# INSTRUCTIONS TO FOLLOW
Please restate each entry below, word for word.

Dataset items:
- - -
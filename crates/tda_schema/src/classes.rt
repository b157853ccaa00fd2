// The classes of queries, as families of sets of possible cells.
ghost use Rattle.std.specs.Prelude.{◌≡◌, ◌==◌, ◌<◌, ◌≤◌, All, length, map, string_bytes, IfOk, IsTrue};
ghost use Rattle.std.specs.List.{list_any, position_or_len};
ghost use Rattle.std.specs.Str.{bytes_eq};
ghost use Rattle.tda_model.specs.Schema.{Attribute_values, Recode_labels};
ghost use Rattle.tda_model.specs.Cells.{cell_count, is_possible, all_cells};
ghost use Rattle.tda_schema.specs.Classes as spec;
ghost use Rattle.tda_schema.specs.Columns.{columns_of};
ghost use Rattle.tda_schema.specs.Digits.{AreDigits, labelled_alike};
ghost use Rattle.tda_schema.specs.Stated.{entry_of, IsEntryOf, IsLookedUp, IsQueryOf};

use crate::cells::count_values;
use crate::columns::Columns;
use crate::parts::QueryParts;
use crate::stated::{Entry, Query, Stated, position_in};
use std::alloc::Global;
use tda_io::NoMemory;
use tda_sets::Family;

// Each of so many values is its own digit.
fn value_digits(alloc: Global, count: usize) -> Result<Vec<u16>, NoMemory>
    requires { count ≤ 128 }
    ensures { IfOk result (λ v. AreDigits count (λ x y. x == y) v.items) }
{
    let mut digits = Vec::new(alloc);
    for value in 0..count {
        digits.push(value as u16)?;
    }
    Ok(digits)
}

// Where the first of equal labels stands.
fn first_label(labels: &[String], label: &str) -> usize
    requires { IsTrue (list_any (λ l. bytes_eq l label.now) (map string_bytes labels.now)) }
    ensures { result ≡ position_or_len (λ l. bytes_eq l label.now) (map string_bytes labels.now) }
{
    position_in(labels, label.as_bytes()).unwrap()
}

// The digit of a value is the first value with its label.
fn label_digits(alloc: Global, labels: &[String]) -> Result<Vec<u16>, NoMemory>
    requires { length labels.now ≤ 128 }
    ensures { IfOk result (λ v. AreDigits (length labels.now) (labelled_alike (map string_bytes labels.now)) v.items) }
{
    let mut digits = Vec::new(alloc);
    for label in labels {
        digits.push(first_label(labels, label.as_str()) as u16)?;
    }
    Ok(digits)
}

// Splits each set of a family by the values of an attribute.
fn split_by_values(
    alloc: Global,
    stated: &Stated,
    columns: &Columns,
    family: &Family,
    attribute: usize,
) -> Result<Family, NoMemory>
    requires looked_up { IsLookedUp stated.now }
    requires columns { columns.now ≡ columns_of stated.now.attributes }
    requires cells { length family.now ≡ cell_count stated.now }
    requires attribute { attribute < length stated.now.attributes }
    ensures { IfOk result (λ f. f ≡ spec.split_by stated.now family.now (Attribute_values attribute)) }
{
    let digits = value_digits(alloc, count_values(stated, attribute))?;
    family.split(alloc, columns.of(attribute), &digits)
}

// Splits each set of a family by the labels of a recode.
fn split_by_labels(
    alloc: Global,
    stated: &Stated,
    columns: &Columns,
    family: &Family,
    recode: usize,
) -> Result<Family, NoMemory>
    requires looked_up { IsLookedUp stated.now }
    requires columns { columns.now ≡ columns_of stated.now.attributes }
    requires cells { length family.now ≡ cell_count stated.now }
    requires recode { recode < length stated.now.recodes }
    ensures { IfOk result (λ f. f ≡ spec.split_by stated.now family.now (Recode_labels recode)) }
{
    let recode = &stated.recodes[recode];
    let digits = label_digits(alloc, &recode.labels)?;
    family.split(alloc, columns.of(recode.of), &digits)
}

// Splits each set of a family by an entry of a query.
fn split_by(
    alloc: Global,
    stated: &Stated,
    columns: &Columns,
    family: &Family,
    entry: Entry,
) -> Result<Family, NoMemory>
    requires looked_up { IsLookedUp stated.now }
    requires columns { columns.now ≡ columns_of stated.now.attributes }
    requires cells { length family.now ≡ cell_count stated.now }
    requires entry { IsEntryOf stated.now (entry_of entry) }
    ensures { IfOk result (λ f. f ≡ spec.split_by stated.now family.now (entry_of entry)) }
{
    match entry {
        Entry::Values(attribute) => split_by_values(alloc, stated, columns, family, attribute),
        Entry::Labels(recode) => split_by_labels(alloc, stated, columns, family, recode),
    }
}

/// All possible cells as one set.
pub(crate) fn whole_family(
    alloc: Global,
    stated: &Stated,
    possible: &[bool],
) -> Result<Family, NoMemory>
    requires looked_up { IsLookedUp stated.now }
    requires possible { possible.now ≡ map (is_possible stated.now) (all_cells stated.now) }
    ensures { IfOk result (λ f. f ≡ spec.whole_family stated.now) }
{
    Family::whole(alloc, possible)
}

/// The possible cells of each kind.
pub(crate) fn kind_family(
    alloc: Global,
    stated: &Stated,
    columns: &Columns,
    whole: &Family,
) -> Result<Family, NoMemory>
    requires looked_up { IsLookedUp stated.now }
    requires columns { columns.now ≡ columns_of stated.now.attributes }
    requires whole { whole.now ≡ spec.whole_family stated.now }
    ensures { IfOk result (λ f. f ≡ spec.kind_family stated.now) }
{
    split_by_values(alloc, stated, columns, whole, 0)
}

// The possible cells that are alike at each of some entries.
fn entries_family(
    alloc: Global,
    stated: &Stated,
    columns: &Columns,
    possible: &[bool],
    by: &[Entry],
) -> Result<Family, NoMemory>
    requires looked_up { IsLookedUp stated.now }
    requires columns { columns.now ≡ columns_of stated.now.attributes }
    requires possible { possible.now ≡ map (is_possible stated.now) (all_cells stated.now) }
    requires by { All (IsEntryOf stated.now) (map entry_of by.now) }
    ensures { IfOk result (λ f. f ≡ spec.entries_family stated.now (map entry_of by.now)) }
{
    let mut family = whole_family(alloc, stated, possible)?;
    for entry in by {
        family = split_by(alloc, stated, columns, &family, *entry)?;
    }
    Ok(family)
}

/// The classes of a query over all possible cells.
pub(crate) fn query_family(
    alloc: Global,
    stated: &Stated,
    columns: &Columns,
    possible: &[bool],
    query: &Query,
) -> Result<Family, NoMemory>
    requires looked_up { IsLookedUp stated.now }
    requires columns { columns.now ≡ columns_of stated.now.attributes }
    requires possible { possible.now ≡ map (is_possible stated.now) (all_cells stated.now) }
    requires query { IsQueryOf stated.now query.now }
    ensures { IfOk result (λ f. f ≡ spec.query_family stated.now query.now) }
{
    entries_family(alloc, stated, columns, possible, &query.by)
}

/// The classes of a query out of its family.
pub(crate) fn query_parts(alloc: Global, family: Family) -> Result<QueryParts, NoMemory>
    ensures { IfOk result (λ p. p ≡ spec.family_parts family) }
{
    let classes = family.firsts(alloc)?;
    Ok(QueryParts {
        class_of: family.into_names(),
        classes,
    })
}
- - -
# RESULT FOR THIS EXERCISE
filename crates/tda_schema/src/classes.rt
repository b157853ccaa00fd2
// The classes of queries, as families of sets of possible cells.
ghost use Rattle.std.specs.Prelude.{◌≡◌, ◌==◌, ◌<◌, ◌≤◌, All, length, map, string_bytes, IfOk, IsTrue};
ghost use Rattle.std.specs.List.{list_any, position_or_len};
ghost use Rattle.std.specs.Str.{bytes_eq};
ghost use Rattle.tda_model.specs.Schema.{Attribute_values, Recode_labels};
ghost use Rattle.tda_model.specs.Cells.{cell_count, is_possible, all_cells};
ghost use Rattle.tda_schema.specs.Classes as spec;
ghost use Rattle.tda_schema.specs.Columns.{columns_of};
ghost use Rattle.tda_schema.specs.Digits.{AreDigits, labelled_alike};
ghost use Rattle.tda_schema.specs.Stated.{entry_of, IsEntryOf, IsLookedUp, IsQueryOf};

use crate::cells::count_values;
use crate::columns::Columns;
use crate::parts::QueryParts;
use crate::stated::{Entry, Query, Stated, position_in};
use std::alloc::Global;
use tda_io::NoMemory;
use tda_sets::Family;

// Each of so many values is its own digit.
fn value_digits(alloc: Global, count: usize) -> Result<Vec<u16>, NoMemory>
    requires { count ≤ 128 }
    ensures { IfOk result (λ v. AreDigits count (λ x y. x == y) v.items) }
{
    let mut digits = Vec::new(alloc);
    for value in 0..count {
        digits.push(value as u16)?;
    }
    Ok(digits)
}

// Where the first of equal labels stands.
fn first_label(labels: &[String], label: &str) -> usize
    requires { IsTrue (list_any (λ l. bytes_eq l label.now) (map string_bytes labels.now)) }
    ensures { result ≡ position_or_len (λ l. bytes_eq l label.now) (map string_bytes labels.now) }
{
    position_in(labels, label.as_bytes()).unwrap()
}

// The digit of a value is the first value with its label.
fn label_digits(alloc: Global, labels: &[String]) -> Result<Vec<u16>, NoMemory>
    requires { length labels.now ≤ 128 }
    ensures { IfOk result (λ v. AreDigits (length labels.now) (labelled_alike (map string_bytes labels.now)) v.items) }
{
    let mut digits = Vec::new(alloc);
    for label in labels {
        digits.push(first_label(labels, label.as_str()) as u16)?;
    }
    Ok(digits)
}

// Splits each set of a family by the values of an attribute.
fn split_by_values(
    alloc: Global,
    stated: &Stated,
    columns: &Columns,
    family: &Family,
    attribute: usize,
) -> Result<Family, NoMemory>
    requires looked_up { IsLookedUp stated.now }
    requires columns { columns.now ≡ columns_of stated.now.attributes }
    requires cells { length family.now ≡ cell_count stated.now }
    requires attribute { attribute < length stated.now.attributes }
    ensures { IfOk result (λ f. f ≡ spec.split_by stated.now family.now (Attribute_values attribute)) }
{
    let digits = value_digits(alloc, count_values(stated, attribute))?;
    family.split(alloc, columns.of(attribute), &digits)
}

// Splits each set of a family by the labels of a recode.
fn split_by_labels(
    alloc: Global,
    stated: &Stated,
    columns: &Columns,
    family: &Family,
    recode: usize,
) -> Result<Family, NoMemory>
    requires looked_up { IsLookedUp stated.now }
    requires columns { columns.now ≡ columns_of stated.now.attributes }
    requires cells { length family.now ≡ cell_count stated.now }
    requires recode { recode < length stated.now.recodes }
    ensures { IfOk result (λ f. f ≡ spec.split_by stated.now family.now (Recode_labels recode)) }
{
    let recode = &stated.recodes[recode];
    let digits = label_digits(alloc, &recode.labels)?;
    family.split(alloc, columns.of(recode.of), &digits)
}

// Splits each set of a family by an entry of a query.
fn split_by(
    alloc: Global,
    stated: &Stated,
    columns: &Columns,
    family: &Family,
    entry: Entry,
) -> Result<Family, NoMemory>
    requires looked_up { IsLookedUp stated.now }
    requires columns { columns.now ≡ columns_of stated.now.attributes }
    requires cells { length family.now ≡ cell_count stated.now }
    requires entry { IsEntryOf stated.now (entry_of entry) }
    ensures { IfOk result (λ f. f ≡ spec.split_by stated.now family.now (entry_of entry)) }
{
    match entry {
        Entry::Values(attribute) => split_by_values(alloc, stated, columns, family, attribute),
        Entry::Labels(recode) => split_by_labels(alloc, stated, columns, family, recode),
    }
}

/// All possible cells as one set.
pub(crate) fn whole_family(
    alloc: Global,
    stated: &Stated,
    possible: &[bool],
) -> Result<Family, NoMemory>
    requires looked_up { IsLookedUp stated.now }
    requires possible { possible.now ≡ map (is_possible stated.now) (all_cells stated.now) }
    ensures { IfOk result (λ f. f ≡ spec.whole_family stated.now) }
{
    Family::whole(alloc, possible)
}

/// The possible cells of each kind.
pub(crate) fn kind_family(
    alloc: Global,
    stated: &Stated,
    columns: &Columns,
    whole: &Family,
) -> Result<Family, NoMemory>
    requires looked_up { IsLookedUp stated.now }
    requires columns { columns.now ≡ columns_of stated.now.attributes }
    requires whole { whole.now ≡ spec.whole_family stated.now }
    ensures { IfOk result (λ f. f ≡ spec.kind_family stated.now) }
{
    split_by_values(alloc, stated, columns, whole, 0)
}

// The possible cells that are alike at each of some entries.
fn entries_family(
    alloc: Global,
    stated: &Stated,
    columns: &Columns,
    possible: &[bool],
    by: &[Entry],
) -> Result<Family, NoMemory>
    requires looked_up { IsLookedUp stated.now }
    requires columns { columns.now ≡ columns_of stated.now.attributes }
    requires possible { possible.now ≡ map (is_possible stated.now) (all_cells stated.now) }
    requires by { All (IsEntryOf stated.now) (map entry_of by.now) }
    ensures { IfOk result (λ f. f ≡ spec.entries_family stated.now (map entry_of by.now)) }
{
    let mut family = whole_family(alloc, stated, possible)?;
    for entry in by {
        family = split_by(alloc, stated, columns, &family, *entry)?;
    }
    Ok(family)
}

/// The classes of a query over all possible cells.
pub(crate) fn query_family(
    alloc: Global,
    stated: &Stated,
    columns: &Columns,
    possible: &[bool],
    query: &Query,
) -> Result<Family, NoMemory>
    requires looked_up { IsLookedUp stated.now }
    requires columns { columns.now ≡ columns_of stated.now.attributes }
    requires possible { possible.now ≡ map (is_possible stated.now) (all_cells stated.now) }
    requires query { IsQueryOf stated.now query.now }
    ensures { IfOk result (λ f. f ≡ spec.query_family stated.now query.now) }
{
    entries_family(alloc, stated, columns, possible, &query.by)
}

/// The classes of a query out of its family.
pub(crate) fn query_parts(alloc: Global, family: Family) -> Result<QueryParts, NoMemory>
    ensures { IfOk result (λ p. p ≡ spec.family_parts family) }
{
    let classes = family.firsts(alloc)?;
    Ok(QueryParts {
        class_of: family.into_names(),
        classes,
    })
}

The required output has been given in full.